Don't see how this is relevant but okay.



> >Completely ignores the fact that Kakuzu will be focusing his entire arsenal on Sasuke, not splitting them up like he did vs the Konoha team. Granted Kakashi had to protect the kids, but Kakuzu was also gimped and you can't deny this. He had his heart taken out by 2 sneak attacks and he had to split up his masks.



Sasuke can dodge anything he can throw at him with his base speed, let alone the boost from his Juin. Throw in Genjutsu and summons and this is a wrap.


----------



## Luftwaffles (Sep 24, 2013)

Krippy said:


> Offensively, yes.
> 
> Nah, it's his strength. Even with restrictions, Kakuzu still loses here.
> 
> ...


Nope, Sasuke had to genjutsu Manda and Oro came out because he had attached a seal to Sasuke. If anything, Sasuke is Oro's strength.

Hebi Sasuke unrestricted with Karin, yes.

Never was, I'm just showing you the facts.

That incarnation of Kakashi isn't superior to Kakuzu.

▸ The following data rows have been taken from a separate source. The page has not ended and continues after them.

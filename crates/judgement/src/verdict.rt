// The verdict on a file, and the line that says it.
ghost use Rattle.std.specs.Prelude.{Some};
ghost use Rattle.judgement.specs.Lines.{verdict_text, naming_by};

use reader::{Ground, Layer};
use std::fmt;

// A refusal, with the node's place and the edge's number where they are named.
#[derive(Clone, Copy, PartialEq, Eq, Debug)]
pub struct Refusal {
    pub reason: Ground,
    pub layer: Layer,
    pub offset: usize,
    pub place: Option<u8>,
    pub edge: Option<usize>,
}

// Not a `Result`, since it has a text of its own.
#[derive(Clone, Copy, PartialEq, Eq, Debug)]
pub enum Verdict {
    // No run visits accepting locations more often than this.
    Stands(u64),
    Refused(Refusal),
}

// A number, or `-` where there is none.
#[derive(Clone, Copy)]
struct Named<N>(Option<N>);

impl<N: fmt::Display> fmt::Display for Named<N> {
    ghost output = { λ n. naming_by N.Display.output n.0 };

    fn fmt<W: fmt::Write>(&self, f: &mut fmt::Formatter<W>) -> fmt::Result {
        match &self.0 {
            Some(number) => write!(f, "{number}"),
            None => write!(f, "-"),
        }
    }
}

impl fmt::Display for Verdict {
    ghost output = { λ v. Some (verdict_text v) };

    fn fmt<W: fmt::Write>(&self, f: &mut fmt::Formatter<W>) -> fmt::Result {
        match self {
            Verdict::Stands(visits) => write!(f, "STANDS {visits}"),
            Verdict::Refused(refusal) => {
                let reason = refusal.reason;
                let layer = refusal.layer;
                let offset = refusal.offset;
                let place = Named(refusal.place);
                let edge = Named(refusal.edge);
                write!(f, "REFUSED {reason} {layer} {offset} {place} {edge}")
            }
        }
    }
}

Kakuzu had Kakashi in his death bed, Hidan killed one of his hearts which is why Kakuzu fell down to the ground.

Lel. Kakuzu also uses Shunshin. And Hebi Sasuke will never be able to engage in CQC with Kakuzu with continuos AoE spam.

If I recall correctly, Deidara managed to react to Sasuke just fine. Both are members of the Akatsuki and are top-tier, your assumption of "My Hebi Sauce blitzes Kakuzu with Chidori Eiso" is comical.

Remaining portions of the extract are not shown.